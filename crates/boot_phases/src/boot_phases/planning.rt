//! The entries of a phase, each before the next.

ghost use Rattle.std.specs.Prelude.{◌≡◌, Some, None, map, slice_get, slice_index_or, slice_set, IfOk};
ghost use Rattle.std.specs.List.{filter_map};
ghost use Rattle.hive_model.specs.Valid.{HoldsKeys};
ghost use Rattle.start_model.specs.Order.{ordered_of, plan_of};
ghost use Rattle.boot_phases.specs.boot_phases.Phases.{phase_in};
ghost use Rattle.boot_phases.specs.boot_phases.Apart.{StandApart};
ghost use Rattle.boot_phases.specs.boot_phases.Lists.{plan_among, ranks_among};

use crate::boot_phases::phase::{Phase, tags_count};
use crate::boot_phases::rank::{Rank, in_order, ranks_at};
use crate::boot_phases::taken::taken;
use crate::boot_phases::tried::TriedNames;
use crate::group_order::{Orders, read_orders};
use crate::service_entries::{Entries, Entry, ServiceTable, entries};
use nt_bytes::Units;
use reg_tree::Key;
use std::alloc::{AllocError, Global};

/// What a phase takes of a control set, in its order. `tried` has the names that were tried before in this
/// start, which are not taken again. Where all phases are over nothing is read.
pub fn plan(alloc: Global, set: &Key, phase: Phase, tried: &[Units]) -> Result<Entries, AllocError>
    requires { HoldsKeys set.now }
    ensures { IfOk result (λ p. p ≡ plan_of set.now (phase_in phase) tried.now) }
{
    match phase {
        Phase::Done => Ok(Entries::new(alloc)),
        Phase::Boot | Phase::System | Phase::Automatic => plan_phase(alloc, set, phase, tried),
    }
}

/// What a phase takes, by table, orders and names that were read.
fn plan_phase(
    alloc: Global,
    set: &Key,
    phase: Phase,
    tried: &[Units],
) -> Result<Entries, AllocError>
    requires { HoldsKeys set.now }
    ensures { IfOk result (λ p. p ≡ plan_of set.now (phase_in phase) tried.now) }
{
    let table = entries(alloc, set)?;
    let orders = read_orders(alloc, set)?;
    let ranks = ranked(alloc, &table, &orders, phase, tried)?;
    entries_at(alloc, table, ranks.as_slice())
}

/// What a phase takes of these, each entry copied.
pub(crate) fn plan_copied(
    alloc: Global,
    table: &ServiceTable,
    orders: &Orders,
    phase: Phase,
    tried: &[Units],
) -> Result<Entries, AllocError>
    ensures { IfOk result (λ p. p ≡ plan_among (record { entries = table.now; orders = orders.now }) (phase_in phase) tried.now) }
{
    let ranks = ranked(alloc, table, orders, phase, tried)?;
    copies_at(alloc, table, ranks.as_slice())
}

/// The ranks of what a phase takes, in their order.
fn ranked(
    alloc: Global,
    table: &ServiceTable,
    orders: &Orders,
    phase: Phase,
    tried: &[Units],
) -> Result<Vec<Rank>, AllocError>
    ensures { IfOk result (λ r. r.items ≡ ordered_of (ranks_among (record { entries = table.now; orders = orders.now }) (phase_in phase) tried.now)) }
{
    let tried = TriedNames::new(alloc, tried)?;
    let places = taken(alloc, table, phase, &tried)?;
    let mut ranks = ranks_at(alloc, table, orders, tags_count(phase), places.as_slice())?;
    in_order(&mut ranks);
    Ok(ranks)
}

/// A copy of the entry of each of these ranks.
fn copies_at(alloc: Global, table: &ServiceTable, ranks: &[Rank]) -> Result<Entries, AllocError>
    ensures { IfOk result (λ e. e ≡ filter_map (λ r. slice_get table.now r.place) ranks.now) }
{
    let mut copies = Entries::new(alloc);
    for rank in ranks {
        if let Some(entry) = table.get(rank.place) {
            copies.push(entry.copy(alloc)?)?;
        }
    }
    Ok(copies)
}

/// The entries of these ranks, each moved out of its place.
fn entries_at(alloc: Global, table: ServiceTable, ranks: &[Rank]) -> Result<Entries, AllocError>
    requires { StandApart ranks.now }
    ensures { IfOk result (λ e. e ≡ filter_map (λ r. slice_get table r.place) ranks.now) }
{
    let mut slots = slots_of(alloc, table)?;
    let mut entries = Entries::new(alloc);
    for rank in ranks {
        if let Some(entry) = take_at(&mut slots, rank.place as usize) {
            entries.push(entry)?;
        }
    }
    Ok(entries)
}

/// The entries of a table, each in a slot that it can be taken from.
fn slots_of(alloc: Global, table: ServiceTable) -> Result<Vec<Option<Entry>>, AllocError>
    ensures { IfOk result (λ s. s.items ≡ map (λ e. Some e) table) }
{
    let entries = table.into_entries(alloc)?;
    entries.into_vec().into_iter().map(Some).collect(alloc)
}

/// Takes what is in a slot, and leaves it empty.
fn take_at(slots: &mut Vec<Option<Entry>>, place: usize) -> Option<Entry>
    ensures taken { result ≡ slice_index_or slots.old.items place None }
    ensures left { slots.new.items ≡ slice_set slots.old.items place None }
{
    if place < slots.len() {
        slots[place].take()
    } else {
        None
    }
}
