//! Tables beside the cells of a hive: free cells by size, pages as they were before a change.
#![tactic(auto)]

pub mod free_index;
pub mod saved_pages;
####################
> _Instructions to follow_
Within the lines above, find those holding the word "ghost" and copy them.

> _Solution for this task_
ghost use Rattle.std.specs.Prelude.{◌≡◌, Some, None, map, slice_get, slice_index_or, slice_set, IfOk};
ghost use Rattle.std.specs.List.{filter_map};
ghost use Rattle.hive_model.specs.Valid.{HoldsKeys};
ghost use Rattle.start_model.specs.Order.{ordered_of, plan_of};
ghost use Rattle.boot_phases.specs.boot_phases.Phases.{phase_in};
ghost use Rattle.boot_phases.specs.boot_phases.Apart.{StandApart};
ghost use Rattle.boot_phases.specs.boot_phases.Lists.{plan_among, ranks_among};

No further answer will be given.